Instructions to follow: Given the listing below, write out exactly the lines starting with the line that has "filename crates/exi_header/src/write.rt" and going on through the line that has "use exi_options::write_options;", both kept.

Material provided:
□ □ □
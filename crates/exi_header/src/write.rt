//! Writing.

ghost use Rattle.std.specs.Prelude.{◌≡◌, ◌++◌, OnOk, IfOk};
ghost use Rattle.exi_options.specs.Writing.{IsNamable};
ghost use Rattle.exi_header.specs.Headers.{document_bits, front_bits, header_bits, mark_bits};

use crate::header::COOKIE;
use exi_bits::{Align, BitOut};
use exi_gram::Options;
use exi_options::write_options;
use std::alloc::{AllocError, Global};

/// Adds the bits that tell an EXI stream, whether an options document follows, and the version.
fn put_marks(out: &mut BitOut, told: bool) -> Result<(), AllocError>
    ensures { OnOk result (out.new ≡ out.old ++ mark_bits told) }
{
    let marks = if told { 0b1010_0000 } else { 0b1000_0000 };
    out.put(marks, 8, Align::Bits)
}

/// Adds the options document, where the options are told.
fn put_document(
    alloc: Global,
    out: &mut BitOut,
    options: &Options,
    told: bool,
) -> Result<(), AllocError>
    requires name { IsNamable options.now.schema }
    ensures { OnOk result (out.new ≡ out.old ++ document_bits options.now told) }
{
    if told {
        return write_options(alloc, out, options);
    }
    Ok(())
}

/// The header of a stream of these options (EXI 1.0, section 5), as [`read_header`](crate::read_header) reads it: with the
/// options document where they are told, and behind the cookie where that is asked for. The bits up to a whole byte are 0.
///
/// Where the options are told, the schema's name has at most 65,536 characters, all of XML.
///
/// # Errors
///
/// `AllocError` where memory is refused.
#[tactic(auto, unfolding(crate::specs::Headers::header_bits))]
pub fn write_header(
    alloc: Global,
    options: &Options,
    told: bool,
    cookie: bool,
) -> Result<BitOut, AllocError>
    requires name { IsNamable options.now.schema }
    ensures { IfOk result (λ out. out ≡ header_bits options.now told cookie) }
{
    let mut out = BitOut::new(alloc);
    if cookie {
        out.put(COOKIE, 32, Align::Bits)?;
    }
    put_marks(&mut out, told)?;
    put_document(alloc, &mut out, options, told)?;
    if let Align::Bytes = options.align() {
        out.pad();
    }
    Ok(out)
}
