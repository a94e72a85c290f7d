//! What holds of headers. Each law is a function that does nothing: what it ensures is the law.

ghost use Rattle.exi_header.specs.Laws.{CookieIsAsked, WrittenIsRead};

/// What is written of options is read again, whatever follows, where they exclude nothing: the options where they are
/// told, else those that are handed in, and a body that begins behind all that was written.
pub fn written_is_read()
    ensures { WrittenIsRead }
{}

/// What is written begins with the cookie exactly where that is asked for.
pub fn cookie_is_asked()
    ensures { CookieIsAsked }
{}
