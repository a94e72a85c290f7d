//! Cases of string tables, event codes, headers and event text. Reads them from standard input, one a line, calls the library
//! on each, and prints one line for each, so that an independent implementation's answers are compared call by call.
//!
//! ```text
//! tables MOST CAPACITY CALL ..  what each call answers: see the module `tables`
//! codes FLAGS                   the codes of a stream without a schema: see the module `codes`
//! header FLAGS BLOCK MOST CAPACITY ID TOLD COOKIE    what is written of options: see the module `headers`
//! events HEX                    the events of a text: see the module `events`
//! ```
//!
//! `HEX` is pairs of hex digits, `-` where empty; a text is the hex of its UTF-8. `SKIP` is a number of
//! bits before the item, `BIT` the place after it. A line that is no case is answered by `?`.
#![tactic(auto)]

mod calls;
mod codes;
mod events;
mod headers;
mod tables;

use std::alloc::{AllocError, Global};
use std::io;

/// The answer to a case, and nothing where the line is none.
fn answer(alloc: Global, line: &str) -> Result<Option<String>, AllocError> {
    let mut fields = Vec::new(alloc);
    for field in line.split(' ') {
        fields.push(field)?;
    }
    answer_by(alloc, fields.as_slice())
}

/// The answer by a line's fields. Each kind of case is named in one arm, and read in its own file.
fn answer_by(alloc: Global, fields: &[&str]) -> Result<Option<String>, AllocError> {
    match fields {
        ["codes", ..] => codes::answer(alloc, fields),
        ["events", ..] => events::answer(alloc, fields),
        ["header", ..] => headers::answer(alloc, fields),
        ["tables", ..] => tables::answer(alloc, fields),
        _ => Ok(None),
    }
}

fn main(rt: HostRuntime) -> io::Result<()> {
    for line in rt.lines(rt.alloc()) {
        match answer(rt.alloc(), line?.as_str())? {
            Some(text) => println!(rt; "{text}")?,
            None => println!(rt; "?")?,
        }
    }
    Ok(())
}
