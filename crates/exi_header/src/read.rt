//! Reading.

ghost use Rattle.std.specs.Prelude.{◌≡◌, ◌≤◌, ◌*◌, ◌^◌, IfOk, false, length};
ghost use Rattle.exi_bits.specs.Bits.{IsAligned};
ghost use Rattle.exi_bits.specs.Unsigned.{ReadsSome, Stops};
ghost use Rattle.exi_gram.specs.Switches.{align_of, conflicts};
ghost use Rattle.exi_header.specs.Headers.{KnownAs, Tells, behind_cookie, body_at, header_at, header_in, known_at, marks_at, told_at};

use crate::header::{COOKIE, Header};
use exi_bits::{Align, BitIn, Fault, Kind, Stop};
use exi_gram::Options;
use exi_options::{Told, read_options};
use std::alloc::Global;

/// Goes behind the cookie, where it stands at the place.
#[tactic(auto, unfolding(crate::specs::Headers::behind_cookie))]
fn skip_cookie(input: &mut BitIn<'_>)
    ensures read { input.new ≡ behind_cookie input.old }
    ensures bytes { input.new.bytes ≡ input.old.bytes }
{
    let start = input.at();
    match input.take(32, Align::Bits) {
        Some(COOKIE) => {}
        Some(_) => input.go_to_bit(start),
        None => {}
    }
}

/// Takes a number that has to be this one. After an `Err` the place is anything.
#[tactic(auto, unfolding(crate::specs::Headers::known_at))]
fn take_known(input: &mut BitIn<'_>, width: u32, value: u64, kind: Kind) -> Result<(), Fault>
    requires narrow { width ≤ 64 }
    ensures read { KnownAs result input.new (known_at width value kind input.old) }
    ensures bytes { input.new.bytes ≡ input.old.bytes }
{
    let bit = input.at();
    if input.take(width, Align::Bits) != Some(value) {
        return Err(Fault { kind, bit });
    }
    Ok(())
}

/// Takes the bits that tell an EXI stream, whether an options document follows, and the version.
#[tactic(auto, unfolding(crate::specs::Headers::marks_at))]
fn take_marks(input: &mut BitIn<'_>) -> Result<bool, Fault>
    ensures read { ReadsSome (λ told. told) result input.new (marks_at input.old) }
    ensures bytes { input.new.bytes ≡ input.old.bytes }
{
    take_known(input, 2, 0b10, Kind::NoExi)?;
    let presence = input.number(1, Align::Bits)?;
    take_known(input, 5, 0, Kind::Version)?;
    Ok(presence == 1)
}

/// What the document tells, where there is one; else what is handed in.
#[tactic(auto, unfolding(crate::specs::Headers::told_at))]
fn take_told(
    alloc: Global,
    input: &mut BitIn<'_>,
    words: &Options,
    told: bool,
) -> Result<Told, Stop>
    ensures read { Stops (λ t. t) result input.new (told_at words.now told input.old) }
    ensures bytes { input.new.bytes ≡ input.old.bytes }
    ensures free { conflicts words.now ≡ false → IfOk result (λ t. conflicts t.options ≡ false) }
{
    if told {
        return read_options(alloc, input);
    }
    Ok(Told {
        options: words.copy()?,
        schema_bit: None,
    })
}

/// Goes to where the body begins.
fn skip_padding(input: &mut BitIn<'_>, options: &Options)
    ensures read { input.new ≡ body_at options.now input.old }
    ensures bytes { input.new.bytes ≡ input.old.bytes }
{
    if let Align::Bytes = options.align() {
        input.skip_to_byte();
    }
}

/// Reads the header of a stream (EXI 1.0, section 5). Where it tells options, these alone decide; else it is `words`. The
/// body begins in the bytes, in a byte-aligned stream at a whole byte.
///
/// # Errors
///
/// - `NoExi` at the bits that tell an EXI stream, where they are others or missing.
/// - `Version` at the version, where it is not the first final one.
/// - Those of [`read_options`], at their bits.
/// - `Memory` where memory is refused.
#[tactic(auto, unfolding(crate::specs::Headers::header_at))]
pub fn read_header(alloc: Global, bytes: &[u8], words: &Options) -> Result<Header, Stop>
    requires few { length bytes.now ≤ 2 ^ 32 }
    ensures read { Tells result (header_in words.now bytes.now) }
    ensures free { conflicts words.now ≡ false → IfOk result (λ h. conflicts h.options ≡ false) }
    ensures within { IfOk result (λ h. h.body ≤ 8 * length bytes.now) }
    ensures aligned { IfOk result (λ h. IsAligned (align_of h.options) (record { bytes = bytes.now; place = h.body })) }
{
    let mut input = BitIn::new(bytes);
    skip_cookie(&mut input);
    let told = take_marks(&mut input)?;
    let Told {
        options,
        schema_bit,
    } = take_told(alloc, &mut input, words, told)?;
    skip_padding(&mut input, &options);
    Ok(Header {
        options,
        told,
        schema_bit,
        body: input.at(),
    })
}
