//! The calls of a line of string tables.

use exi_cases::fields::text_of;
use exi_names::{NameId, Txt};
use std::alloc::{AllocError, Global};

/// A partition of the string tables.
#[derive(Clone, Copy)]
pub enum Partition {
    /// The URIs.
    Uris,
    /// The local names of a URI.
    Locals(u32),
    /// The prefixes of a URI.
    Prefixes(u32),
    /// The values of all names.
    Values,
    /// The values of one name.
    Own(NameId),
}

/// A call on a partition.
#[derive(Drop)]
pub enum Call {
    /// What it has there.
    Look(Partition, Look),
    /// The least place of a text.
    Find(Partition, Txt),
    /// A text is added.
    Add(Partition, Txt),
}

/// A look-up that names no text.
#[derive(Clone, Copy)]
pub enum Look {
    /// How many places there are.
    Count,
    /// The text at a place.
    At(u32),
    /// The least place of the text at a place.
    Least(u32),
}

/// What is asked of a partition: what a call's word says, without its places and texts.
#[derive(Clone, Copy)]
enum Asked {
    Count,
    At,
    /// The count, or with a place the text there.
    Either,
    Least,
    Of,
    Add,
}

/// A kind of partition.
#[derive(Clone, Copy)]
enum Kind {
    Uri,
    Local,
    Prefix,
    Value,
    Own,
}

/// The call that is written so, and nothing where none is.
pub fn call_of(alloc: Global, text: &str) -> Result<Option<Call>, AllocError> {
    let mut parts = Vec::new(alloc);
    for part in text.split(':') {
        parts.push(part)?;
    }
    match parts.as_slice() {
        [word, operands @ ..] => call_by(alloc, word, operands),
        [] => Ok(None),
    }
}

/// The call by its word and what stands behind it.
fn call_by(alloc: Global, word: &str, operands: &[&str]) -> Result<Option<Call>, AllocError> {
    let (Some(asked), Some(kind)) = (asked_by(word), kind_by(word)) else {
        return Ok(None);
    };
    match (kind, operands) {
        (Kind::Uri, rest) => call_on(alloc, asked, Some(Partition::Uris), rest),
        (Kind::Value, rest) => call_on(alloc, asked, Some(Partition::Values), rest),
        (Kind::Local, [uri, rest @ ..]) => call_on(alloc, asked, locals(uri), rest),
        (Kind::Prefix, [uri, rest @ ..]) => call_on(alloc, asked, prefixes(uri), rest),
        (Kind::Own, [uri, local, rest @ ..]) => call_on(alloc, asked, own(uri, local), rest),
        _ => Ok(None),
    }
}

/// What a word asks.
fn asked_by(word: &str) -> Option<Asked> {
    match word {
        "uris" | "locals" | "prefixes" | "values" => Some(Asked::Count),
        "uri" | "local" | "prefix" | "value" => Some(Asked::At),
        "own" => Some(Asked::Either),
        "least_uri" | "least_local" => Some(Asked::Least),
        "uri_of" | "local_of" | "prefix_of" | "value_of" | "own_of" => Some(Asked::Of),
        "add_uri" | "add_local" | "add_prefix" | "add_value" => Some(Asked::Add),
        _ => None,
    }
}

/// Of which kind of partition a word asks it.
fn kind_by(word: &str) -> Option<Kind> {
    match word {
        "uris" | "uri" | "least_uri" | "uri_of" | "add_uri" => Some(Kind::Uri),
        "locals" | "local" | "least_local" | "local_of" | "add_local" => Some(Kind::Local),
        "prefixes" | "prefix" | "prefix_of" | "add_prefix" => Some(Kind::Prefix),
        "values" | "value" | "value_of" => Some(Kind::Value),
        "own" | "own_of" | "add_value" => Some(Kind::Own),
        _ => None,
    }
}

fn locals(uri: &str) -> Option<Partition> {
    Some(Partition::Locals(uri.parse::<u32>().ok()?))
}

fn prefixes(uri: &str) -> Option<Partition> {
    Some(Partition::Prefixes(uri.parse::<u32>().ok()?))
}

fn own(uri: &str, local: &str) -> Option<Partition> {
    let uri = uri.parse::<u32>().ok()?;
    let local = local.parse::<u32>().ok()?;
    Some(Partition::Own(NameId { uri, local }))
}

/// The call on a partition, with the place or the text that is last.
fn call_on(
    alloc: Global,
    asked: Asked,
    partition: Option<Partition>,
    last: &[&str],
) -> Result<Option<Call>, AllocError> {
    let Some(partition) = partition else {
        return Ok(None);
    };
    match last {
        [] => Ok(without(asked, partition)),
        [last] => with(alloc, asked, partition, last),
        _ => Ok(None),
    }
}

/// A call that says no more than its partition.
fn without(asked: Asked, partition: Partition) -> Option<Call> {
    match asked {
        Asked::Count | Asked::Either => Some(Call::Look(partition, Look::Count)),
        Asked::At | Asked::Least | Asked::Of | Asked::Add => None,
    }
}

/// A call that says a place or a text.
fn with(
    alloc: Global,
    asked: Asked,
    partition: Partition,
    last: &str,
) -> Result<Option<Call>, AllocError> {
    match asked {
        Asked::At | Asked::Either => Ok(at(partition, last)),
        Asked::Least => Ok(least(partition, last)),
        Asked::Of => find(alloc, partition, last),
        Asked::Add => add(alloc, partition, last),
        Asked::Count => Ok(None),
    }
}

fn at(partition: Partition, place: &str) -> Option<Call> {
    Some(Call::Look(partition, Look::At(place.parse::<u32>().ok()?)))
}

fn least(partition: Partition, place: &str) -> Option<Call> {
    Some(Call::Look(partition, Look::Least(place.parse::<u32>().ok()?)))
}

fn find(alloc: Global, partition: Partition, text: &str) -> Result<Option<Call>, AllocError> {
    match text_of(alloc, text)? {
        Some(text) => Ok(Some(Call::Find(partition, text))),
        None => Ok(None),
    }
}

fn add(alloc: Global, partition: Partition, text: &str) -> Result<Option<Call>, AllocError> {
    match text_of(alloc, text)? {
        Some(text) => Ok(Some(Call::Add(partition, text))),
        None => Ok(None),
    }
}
□ □ □
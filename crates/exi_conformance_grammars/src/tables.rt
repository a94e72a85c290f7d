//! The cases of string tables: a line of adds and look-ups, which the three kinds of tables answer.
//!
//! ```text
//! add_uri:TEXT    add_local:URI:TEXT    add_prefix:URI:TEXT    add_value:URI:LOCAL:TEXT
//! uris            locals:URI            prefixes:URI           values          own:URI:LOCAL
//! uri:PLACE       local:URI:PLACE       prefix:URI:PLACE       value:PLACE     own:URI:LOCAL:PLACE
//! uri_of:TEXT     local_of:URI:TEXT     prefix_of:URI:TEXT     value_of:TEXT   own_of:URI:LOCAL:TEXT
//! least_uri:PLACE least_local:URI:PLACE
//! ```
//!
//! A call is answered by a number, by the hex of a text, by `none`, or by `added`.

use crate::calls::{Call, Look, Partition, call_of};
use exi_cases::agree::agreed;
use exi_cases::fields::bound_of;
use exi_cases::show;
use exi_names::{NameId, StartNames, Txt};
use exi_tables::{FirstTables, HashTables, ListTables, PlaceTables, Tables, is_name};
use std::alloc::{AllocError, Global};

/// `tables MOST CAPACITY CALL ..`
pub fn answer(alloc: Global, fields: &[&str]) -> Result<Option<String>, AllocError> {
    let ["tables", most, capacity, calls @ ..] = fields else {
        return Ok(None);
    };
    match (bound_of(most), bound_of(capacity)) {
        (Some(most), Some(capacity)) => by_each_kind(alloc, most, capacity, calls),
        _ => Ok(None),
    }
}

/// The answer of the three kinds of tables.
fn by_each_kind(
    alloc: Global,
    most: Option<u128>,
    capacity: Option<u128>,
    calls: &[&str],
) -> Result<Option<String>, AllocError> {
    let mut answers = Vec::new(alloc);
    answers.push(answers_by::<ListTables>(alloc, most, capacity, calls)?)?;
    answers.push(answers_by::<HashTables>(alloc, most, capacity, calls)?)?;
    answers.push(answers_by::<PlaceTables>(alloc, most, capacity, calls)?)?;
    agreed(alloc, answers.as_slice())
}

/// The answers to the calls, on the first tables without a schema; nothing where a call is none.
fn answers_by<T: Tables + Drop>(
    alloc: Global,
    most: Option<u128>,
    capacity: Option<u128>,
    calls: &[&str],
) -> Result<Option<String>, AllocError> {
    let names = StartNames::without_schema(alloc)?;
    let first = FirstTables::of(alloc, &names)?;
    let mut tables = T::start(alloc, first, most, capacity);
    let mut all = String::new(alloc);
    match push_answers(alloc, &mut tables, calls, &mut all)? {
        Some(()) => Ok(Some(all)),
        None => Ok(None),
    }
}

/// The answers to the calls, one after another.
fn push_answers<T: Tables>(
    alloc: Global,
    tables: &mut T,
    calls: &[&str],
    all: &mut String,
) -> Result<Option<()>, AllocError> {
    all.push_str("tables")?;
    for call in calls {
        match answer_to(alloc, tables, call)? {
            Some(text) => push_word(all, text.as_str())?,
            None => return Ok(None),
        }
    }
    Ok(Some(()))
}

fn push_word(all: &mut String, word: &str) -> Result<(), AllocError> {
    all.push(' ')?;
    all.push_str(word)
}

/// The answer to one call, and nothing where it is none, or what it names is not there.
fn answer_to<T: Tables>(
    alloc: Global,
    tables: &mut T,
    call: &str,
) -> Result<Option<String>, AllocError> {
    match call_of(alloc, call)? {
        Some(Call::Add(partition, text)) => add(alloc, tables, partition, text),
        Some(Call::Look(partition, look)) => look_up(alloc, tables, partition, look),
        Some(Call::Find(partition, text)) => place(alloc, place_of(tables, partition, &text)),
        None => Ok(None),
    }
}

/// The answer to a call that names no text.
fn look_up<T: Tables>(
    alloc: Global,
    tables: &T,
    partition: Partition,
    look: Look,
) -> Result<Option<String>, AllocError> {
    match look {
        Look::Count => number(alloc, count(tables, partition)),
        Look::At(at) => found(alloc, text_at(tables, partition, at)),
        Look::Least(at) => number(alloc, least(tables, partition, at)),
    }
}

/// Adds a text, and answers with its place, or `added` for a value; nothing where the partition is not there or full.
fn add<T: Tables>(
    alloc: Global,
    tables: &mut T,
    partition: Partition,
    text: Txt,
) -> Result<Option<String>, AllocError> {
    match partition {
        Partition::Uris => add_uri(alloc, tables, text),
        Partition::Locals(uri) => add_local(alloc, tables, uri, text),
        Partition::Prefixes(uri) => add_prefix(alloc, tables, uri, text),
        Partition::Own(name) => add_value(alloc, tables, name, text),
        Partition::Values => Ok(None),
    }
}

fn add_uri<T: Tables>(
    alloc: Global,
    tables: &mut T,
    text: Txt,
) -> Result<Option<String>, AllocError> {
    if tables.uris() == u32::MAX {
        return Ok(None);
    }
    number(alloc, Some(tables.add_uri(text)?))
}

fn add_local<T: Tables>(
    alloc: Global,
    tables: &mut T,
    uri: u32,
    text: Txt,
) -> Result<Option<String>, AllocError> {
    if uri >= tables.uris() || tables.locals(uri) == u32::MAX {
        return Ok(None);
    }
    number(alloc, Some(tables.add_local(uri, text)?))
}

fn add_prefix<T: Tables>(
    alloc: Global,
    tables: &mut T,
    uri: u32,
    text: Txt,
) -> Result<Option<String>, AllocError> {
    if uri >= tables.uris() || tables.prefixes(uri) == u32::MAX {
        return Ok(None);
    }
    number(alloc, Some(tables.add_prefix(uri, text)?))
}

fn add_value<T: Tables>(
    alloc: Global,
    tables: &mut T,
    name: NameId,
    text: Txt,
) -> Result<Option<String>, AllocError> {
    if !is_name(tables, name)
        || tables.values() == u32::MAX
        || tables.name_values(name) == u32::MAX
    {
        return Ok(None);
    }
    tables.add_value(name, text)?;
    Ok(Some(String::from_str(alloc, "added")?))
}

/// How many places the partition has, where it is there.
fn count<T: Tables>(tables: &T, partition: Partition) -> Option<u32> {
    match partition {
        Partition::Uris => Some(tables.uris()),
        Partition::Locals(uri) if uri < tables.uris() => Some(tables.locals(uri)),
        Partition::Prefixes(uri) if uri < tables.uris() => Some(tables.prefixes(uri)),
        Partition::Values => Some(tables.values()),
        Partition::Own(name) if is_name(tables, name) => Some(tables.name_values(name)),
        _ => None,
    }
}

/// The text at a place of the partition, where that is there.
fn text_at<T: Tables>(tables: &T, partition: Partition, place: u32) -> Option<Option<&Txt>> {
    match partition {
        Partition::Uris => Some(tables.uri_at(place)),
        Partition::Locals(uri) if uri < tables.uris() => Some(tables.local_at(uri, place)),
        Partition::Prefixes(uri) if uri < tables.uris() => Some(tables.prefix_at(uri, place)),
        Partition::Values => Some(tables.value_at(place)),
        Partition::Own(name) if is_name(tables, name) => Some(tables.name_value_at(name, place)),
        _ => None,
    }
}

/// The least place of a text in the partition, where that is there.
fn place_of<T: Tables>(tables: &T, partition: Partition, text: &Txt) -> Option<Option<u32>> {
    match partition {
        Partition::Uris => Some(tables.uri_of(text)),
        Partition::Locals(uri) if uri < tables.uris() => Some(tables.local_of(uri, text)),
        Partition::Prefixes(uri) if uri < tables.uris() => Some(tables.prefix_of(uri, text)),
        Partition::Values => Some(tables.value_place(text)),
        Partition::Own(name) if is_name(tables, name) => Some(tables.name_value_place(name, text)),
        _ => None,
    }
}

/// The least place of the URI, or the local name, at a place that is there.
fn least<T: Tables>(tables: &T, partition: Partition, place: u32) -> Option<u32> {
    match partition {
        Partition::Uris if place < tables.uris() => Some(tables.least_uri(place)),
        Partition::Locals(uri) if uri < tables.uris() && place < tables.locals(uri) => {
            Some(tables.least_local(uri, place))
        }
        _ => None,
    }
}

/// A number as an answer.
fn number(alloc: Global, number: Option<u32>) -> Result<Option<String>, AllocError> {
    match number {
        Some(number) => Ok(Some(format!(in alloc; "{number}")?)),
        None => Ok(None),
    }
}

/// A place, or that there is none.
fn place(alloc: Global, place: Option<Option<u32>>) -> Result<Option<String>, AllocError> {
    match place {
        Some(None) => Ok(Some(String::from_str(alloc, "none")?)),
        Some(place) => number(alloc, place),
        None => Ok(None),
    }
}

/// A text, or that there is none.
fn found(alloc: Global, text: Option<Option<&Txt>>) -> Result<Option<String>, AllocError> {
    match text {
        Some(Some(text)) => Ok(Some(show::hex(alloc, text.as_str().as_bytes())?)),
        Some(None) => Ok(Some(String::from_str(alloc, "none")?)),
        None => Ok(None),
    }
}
□ □ □
Expected output:
filename crates/exi_header/src/write.rt
//! Writing.

ghost use Rattle.std.specs.Prelude.{◌≡◌, ◌++◌, OnOk, IfOk};
ghost use Rattle.exi_options.specs.Writing.{IsNamable};
ghost use Rattle.exi_header.specs.Headers.{document_bits, front_bits, header_bits, mark_bits};

use crate::header::COOKIE;
use exi_bits::{Align, BitOut};
use exi_gram::Options;
use exi_options::write_options;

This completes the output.